STRANGER TO THE MOON

by Evelio Rosero ; translated by Anne McLean & Victor Meadowcroft

Pub Date: Sept. 7th, 2021
ISBN: 978-0-8112-2862-6
Publisher: New Directions

Recalling the work of Kafka and de Sade, a nightmarish fable explores timeless questions about violence and subjugation, power and freedom.

The celebrated Rosero is no stranger to the darker regions of the human imagination, whether in his previous novels of Colombian politics and history or in his latest, a mythical story whose world is removed from ours; as in a fairy tale, it exists outside any recognizable place while reflecting, from a tilt, the violent history of modern nation-states.
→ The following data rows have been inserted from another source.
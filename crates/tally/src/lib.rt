// The tally of accept replies for one value at one ballot (handle_msg_accept_reply, after the value id test): the opening, and what a reply
// does to it.
#![tactic(auto)]

ghost use Rattle.std.specs.Prelude.{◌≡◌, ◌+◌, ◌*◌, ◌≤◌, length, IfOk};
ghost use Rattle.rows.specs.Row.{row_of, row_in, with_row};
ghost use Rattle.refusals.specs.Refused.{refusal_of, outcome_of, outcome_by};
ghost use Rattle.tally.specs.Tally.{open_refusal, opening_of, row_with, from_reply, reply_refusal, status_of, reply_of, tally_after};

use bitmap::ReplicaId;
use coverage::Holdings;
use refusals::{Refusal, unless};
use rows::{Row, ShardSet};

// What is proposed: the ballot, and the value id in two words.
#[derive(Clone, Copy, PartialEq, Eq)]
pub struct Proposal {
    pub ballot: u64,
    pub value_high: u64,
    pub value_low: u64,
}

// Who has replied, and the shards that each has named. The row of a replica not heard has no meaning.
#[derive(Clone, Copy)]
pub struct Tally {
    pub population: usize,
    pub quorum: usize,
    pub data_shards: usize,
    pub width: usize,
    pub proposal: Proposal,
    pub heard: u64,
    pub committed: bool,
    pub rows: [u64; 64],
}

// An accept reply, and the fault list lent with it.
#[derive(Clone, Copy)]
pub struct AcceptReply<'a> {
    pub source: ReplicaId,
    pub proposal: Proposal,
    pub row: Row,
    pub faults: &'a [u64],
}

// The answer to a reply.
#[derive(Clone, Copy, Debug, PartialEq, Eq)]
pub enum Status {
    Waiting,
    Committed,
    AlreadyCommitted,
}

// The status, and the tally as the reply leaves it.
#[derive(Clone, Copy)]
pub struct Replied {
    pub status: Status,
    pub tally: Tally,
}

// A tally that has heard nobody.
#[tactic(auto, using(refusals::proofs::Entered::entered), unfolding(crate::specs::Tally::opening_of, crate::specs::Tally::fresh))]
pub fn open(
    n: usize,
    quorum: usize,
    d: usize,
    w: usize,
    proposal: Proposal,
) -> Result<Tally, Refusal>
    ensures { outcome_of result ≡ opening_of n quorum d w proposal }
{
    check_open(n, quorum, d, w)?;
    Ok(Tally {
        population: n,
        quorum,
        data_shards: d,
        width: w,
        proposal,
        heard: 0,
        committed: false,
        rows: [0; 64],
    })
}

// Counts a reply. By value: the tally is returned beside the status.
#[tactic(auto, using(refusals::proofs::Entered::entered), unfolding(crate::specs::Tally::reply_of, crate::specs::Tally::tally_after, crate::specs::Tally::noted, crate::specs::Tally::is_committing))]
pub fn reply(t: Tally, r: &AcceptReply) -> Result<Replied, Refusal>
    ensures status { outcome_by status_of result ≡ reply_of t (from_reply r.now) }
    ensures tally { IfOk result (λ replied. replied.tally ≡ tally_after t (from_reply r.now)) }
{
    check_reply(&t, r)?;
    if t.committed {
        return Ok(Replied {
            status: Status::AlreadyCommitted,
            tally: t,
        });
    }
    let mut rows = t.rows;
    note(t.heard, r.source, r.row, &mut rows);
    let heard = bitmap::with_replica(t.heard, r.source);
    let holdings = Holdings {
        population: t.population,
        width: t.width,
        heard,
        rows: &rows,
    };
    let committed = holdings.commits(t.quorum, t.data_shards, r.faults);
    let status = if committed {
        Status::Committed
    } else {
        Status::Waiting
    };
    Ok(Replied {
        status,
        tally: Tally {
            heard,
            committed,
            rows,
            ..t
        },
    })
}

// The same on a lent tally, as the source does it. A refused reply leaves it as it was: nothing is stored.
#[tactic(auto, using(crate::proofs::ReplyLaws::refused_leaves))]
pub fn accept_reply(t: &mut Tally, r: &AcceptReply) -> Result<Status, Refusal>
    ensures status { outcome_of result ≡ reply_of t.old (from_reply r.now) }
    ensures tally { t.new ≡ tally_after t.old (from_reply r.now) }
{
    let replied = reply(*t, r)?;
    *t = replied.tally;
    Ok(replied.status)
}

#[tactic(auto, unfolding(crate::specs::Tally::open_refusal))]
fn check_open(n: usize, quorum: usize, d: usize, w: usize) -> Result<(), Refusal>
    ensures { refusal_of result ≡ open_refusal n quorum d w }
{
    unless(refusals::is_population(n), Refusal::Population)?;
    unless(refusals::is_shards(d, w), Refusal::Shards)?;
    unless(refusals::is_quorum(n, quorum), Refusal::Quorum)
}

// Whether the reply is counted, or why not. The tally is tested like the opening's values, and its words too: it may come from anywhere.
#[tactic(auto, unfolding(crate::specs::Tally::reply_refusal, crate::specs::Tally::is_same_value, refusals::specs::Limits::is_population))]
fn check_reply(t: &Tally, r: &AcceptReply) -> Result<(), Refusal>
    ensures { refusal_of result ≡ reply_refusal t.now (from_reply r.now) }
{
    let n = t.population;
    unless(refusals::is_population(n), Refusal::Population)?;
    unless(refusals::is_replica(n, r.source), Refusal::Replica)?;
    unless(refusals::is_shards(t.data_shards, t.width), Refusal::Shards)?;
    unless(refusals::is_quorum(n, t.quorum), Refusal::Quorum)?;
    unless(refusals::is_mask(n, t.heard), Refusal::Mask)?;
    unless(refusals::are_rows(t.width, &t.rows[..n * 4]), Refusal::Mask)?;
    unless(refusals::is_row(t.width, r.row), Refusal::Mask)?;
    unless(refusals::is_fault_list(n, r.faults), Refusal::Table)?;
    unless(t.proposal == r.proposal, Refusal::OtherValue)
}

// The rows with that of the source replaced or united. A part: there is one of the source.
fn note(heard: u64, source: ReplicaId, row: Row, rows: &mut [u64])
    requires { source.0 * 4 + 4 ≤ length rows.old }
    ensures { rows.new ≡ with_row rows.old source.0 (row_with heard (row_in rows.old source.0) source.0 (row_of row)) }
{
    let held = Row::read_row(rows, source.0);
    row_with(heard, held, source, row).put(rows, source.0);
}

// The row of a first reply replaces the one held, that of a later reply is united with it.
fn row_with(heard: u64, held: Row, source: ReplicaId, row: Row) -> Row
    ensures { row_of result ≡ row_with heard (row_of held) source.0 (row_of row) }
{
    if bitmap::has_replica(heard, source) {
        held.union(row)
    } else {
        row
    }
}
The novel examines a group of naked prisoners who have been put away in an enormous but cramped house where they are forced to serve the higher caste of “clothed ones.” From the shadows of the wardrobe in which he's been sentenced to live, the narrator, a "naked one," describes his silent and interior rebellion against the clothed ones, unravelling this small society’s structures and rituals in all their nuance and complexity. We learn, for example, that all naked ones possess both sexes, each individual essentially choosing their gender at some point in their youth. Though clothed ones arrive at the house whenever they like, naked ones can't leave the house without being harassed and attacked, subject to elaborate, innovative forms of torture. And while the clothed ones will elect certain naked ones to favor and protect, the weakest of the naked ones are maimed or even die of starvation at young ages. Rosero packs great depth within a brief novel through brisk chapters that can change tone as the ambivalent narrator wavers among resentment, anger, and defeat. Though the world of this story is bleak—sometimes almost unbearably so—the narrator’s soliloquies on agency in the midst of captivity and degradation are timeless, haunting, and extremely powerful.

A profound work of dark and brutal truth.